Simulation Methods

Energy Research, Inc. has been one of the leading organizations involved in the development of mathematical models and associated computer codes for
simulation of nuclear power plant systems and accidents.

Examples of advanced simulation models include:

  • Accident Diagnostics Analysis & Management System (ADAM-System ©) - Designed, developed and copyrighted by Energy Research, Inc., the ADAM-System is the first and most comprehensive multi-purpose, multi-functional simulation platform that is used to provide national nuclear regulatory organizations and the
    utility emergency response staff an easy to use tool to diagnose and prognoses accidents using on-line measured plant data, supplemental with much
    faster (i.e., several orders of magnitude) than real-time computer simulations. Currently, ADAM-systems are operational for the following nuclear power plants:
    • Beznau (Switzerland)
    • Leibstadt (Switzerland)
    • Gösgen (Switzerland)
    • Mühleberg (Switzerland)
    • Novovoronezh Unit 5 (Russian Federation)
    • Bohunice V2 (Slovakia)
    • Mochavce-1 (Slovakia)
    • Paks (Hungary)
    • Armenian Nuclear Power Plant (Armenia)
    • Sizewell-B (preliminary version) (UK)

    The ADAM-System uses a specifically-designed and developed Graphical User Interface (GUI) based on state-of-the-art software technology.

  • E R I In-Vessel Recovery (ERI IVR) - Designed and developed by Energy Research, Inc., as part of work performed for the U. S. Nuclear Regulatory
    Commission to provide a mechanistic capability for analysis of lower head integrity by external cooling, and to assess the likelihood of vessel failure.
    The code uses an advanced GUI that was developed by Energy Research, Inc.
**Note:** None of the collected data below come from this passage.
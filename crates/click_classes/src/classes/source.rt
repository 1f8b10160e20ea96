//! The class that creates packets: InfiniteSource.

ghost use Rattle.std.specs.Prelude.{◌≡◌, ◌-◌, ◌^◌, ◌&&◌, None, true, slice_get, length, nat_le};
ghost use Rattle.click_classes.specs.Acts.{is_below};
ghost use Rattle.click_classes.specs.Values.{number_in, number_or_minus_one, truth};
ghost use Rattle.click_classes.specs.Made.{optional, infinite_source, ByFirst};
ghost use Rattle.click_classes.specs.kept.Answers.{AreBytes};
ghost use Rattle.click_classes.specs.Steps.{OrNoMemory};

use crate::arguments::Arguments;
use crate::fault::ArgFault;
use crate::state::State;
use crate::values::number::{number_in, number_or_minus_one};
use crate::values::truth::truth;
use click_base::sequence::Sequence;
use click_text::unquote;
use std::alloc::Global;

/// Returns the bytes of each packet.
fn source_bytes(alloc: Global, arguments: &Arguments) -> Result<Sequence<u8>, ArgFault>
    ensures { OrNoMemory (AreBytes (slice_get arguments.now 0)) result }
{
    let Some(first) = arguments.get(0) else {
        let zeros = vec![in alloc; 0; 64]?;
        return Ok(Sequence::of(zeros));
    };
    let Some(bytes) = unquote(alloc, first)? else {
        return Err(ArgFault::BadText);
    };
    if bytes.len() > 1_600 {
        return Err(ArgFault::OutOfRange);
    }
    Ok(Sequence::of(bytes))
}

/// Returns the maximum number of packets; `None` if it has no limit.
fn limit(arguments: &Arguments) -> Result<Option<u64>, ArgFault>
    ensures { result ≡ optional arguments.now 1 None (number_or_minus_one (2 ^ 64 - 1)) }
{
    match arguments.get(1) {
        Some(bytes) => number_or_minus_one(bytes, u64::MAX),
        None => Ok(None),
    }
}

/// Returns the maximum number of packets that are emitted when the task runs once.
fn burst(arguments: &Arguments) -> Result<u8, ArgFault>
    ensures { result ≡ optional arguments.now 2 1 (number_in 1 64) }
{
    let Some(bytes) = arguments.get(2) else {
        return Ok(1);
    };
    let burst = number_in(bytes, 1, 64)?;
    Ok(burst as u8)
}

/// Returns whether the source is active at first.
fn active(arguments: &Arguments) -> Result<bool, ArgFault>
    ensures { result ≡ optional arguments.now 3 true truth }
{
    match arguments.get(3) {
        Some(bytes) => truth(bytes),
        None => Ok(true),
    }
}

/// Returns whether a source with this limit may emit one more packet.
fn is_below(limit: Option<u64>, count: u64) -> bool
    ensures { result ≡ is_below limit count }
{
    match limit {
        Some(limit) => count < limit,
        None => true,
    }
}

/// Returns whether a source has a packet to emit now.
pub fn has_next(bytes: &Sequence<u8>, limit: Option<u64>, active: bool, count: u64) -> bool
    ensures { result ≡ (active && is_below limit count && nat_le (length bytes.now) 1600) }
{
    active && is_below(limit, count) && bytes.len() <= 1_600
}

/// `InfiniteSource([BYTES [, LIMIT [, BURST [, ACTIVE]]]])` emits packets.
///
/// - Arguments: BYTES, at most 1,600 bytes when unquoted; default 64 zero bytes. LIMIT, a number
///   from 0 to 2^64 - 1, or -1 for none; default -1. BURST, a number from 1 to 64; default 1.
///   ACTIVE, a truth value; default true.
/// - Ports: no input, one push output.
/// - While it is active, its task pushes up to BURST packets of BYTES in each round and counts
///   each. It pushes none once the count has reached LIMIT.
/// - Read handlers: `active`, whether it is active; `count`, the number of packets so far.
/// - Write handlers: `active`, a truth value (not a truth value); `reset` sets `count` to 0.
///
/// ```click
/// InfiniteSource("ab", 5, 2) -> Discard;
/// ```
///
/// ```calls
/// InfiniteSource("ab", 5, 2) -> q :: Queue -> ToDevice(x);
/// i :: InfiniteSource(c, -1, 64, false) -> Discard;
/// > round
/// worked 2
/// > read q.length
/// value 32
/// > transmit x
/// sent 6162 0 0.0.0.0
/// > round
/// worked 2
/// > round
/// worked 1
/// > round
/// worked 0
/// > read InfiniteSource@1.count
/// value 35
/// > read i.count
/// value 30
/// ```
#[tactic(auto, unfolding(crate::specs::Made::infinite_source))]
pub fn make_infinite_source(alloc: Global, arguments: &Arguments) -> Result<State, ArgFault>
    ensures { OrNoMemory (ByFirst 4 infinite_source arguments.now) result }
{
    if !arguments.are(0, 4) {
        return Err(ArgFault::ArgumentCount);
    }
    let bytes = source_bytes(alloc, arguments)?;
    let limit = limit(arguments)?;
    let burst = burst(arguments)?;
    let active = active(arguments)?;
    Ok(State::InfiniteSource {
        bytes,
        limit,
        burst,
        active,
        count: 0,
    })
}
This code was used by Energy Research, Inc. as part of a study for the U.S.
    Nuclear Regulatory Commission (NRC), to assess the likelihood of the lower head failure in the Westinghouse AP1000 nuclear power plant
    (See NUREG/CR-6849 for more details)
  • ERPRA-ST - Designed and developed by Energy Research, Inc. to use an extremely efficient rate-dependent algorithm for calculation of radiological
    releases following severe accidents based on parametric aerosol removal and deposition models. The code uses an advanced Graphical User Interface (GIU)
    that was developed by Energy Research, Inc. ERPRA-ST is also an integral element of the Energy Research, Inc. Level-2 probabilistic safety assessment
    (PSA) methodology including a capability for uncertainty analysis.
  • ERPRA-BURN - Designed and developed by Energy Research, Inc. to enable stochastic analysis of hydrogen and carbon monoxide combustion and
    determination of the conditional containment failure probability, using the stress-strength interference concept and a stratified Monte Carlo sampling
    technique. ERPRA-BURN also uses an advanced GUI that was developed by Energy Research, Inc. It has been used in Level-2 PSA studies for more than 20
    nuclear power plants worldwide.
  • ERPRA-ROCKET - Designed and developed by Energy Research, Inc. to calculate the lift-off potential of a reactor pressure vessel subject to break
    formed at the lower head of user-specified size. The uncertainty analysis methodology implemented in ERPRA-ROCKET uses a simple Monte Carlo technique
    together with a full integration of the NRC-sponsored MELCOR code for analysis of reactor blow-down, reactor cavity pressurization, and vessel lift-off,
    including the impact of restraints, atmospheric drag, and other contributing parameters. ERPRA-ROCKET uses an advanced GIU that was also designed and developed
    by Energy Research, Inc.
  • ERI - PSAC - The Energy Research, Inc. Pool Swell Analysis Code (PSAC) is based on a mechanistic modeling of bubble growth and hydrodynamic behavior to predict the hydrodynamic response of a pressure suppression pool to a large break loss of coolant accident in boiling water reactors. The code includes a multi-vent clearing model, bubble dynamics (based on the solution to the Rayleigh equation), a semi-empirical bubble rise model, and the influence of pool inertial and other controlling parameters. ERI-PSAC is designed with a modern graphical user interface, and it has been successfully benchmarked against the General Electric Pool Swell Test Facility (PSTF) experimental data. The code was used as the basis of the approval of the Toshiba/Westinghouse GOTHIC analyses in support of the Combined Licensed Application for the South Texas units 3&4 nuclear power plants. The code is available upon request (approval for release by USNRC is required).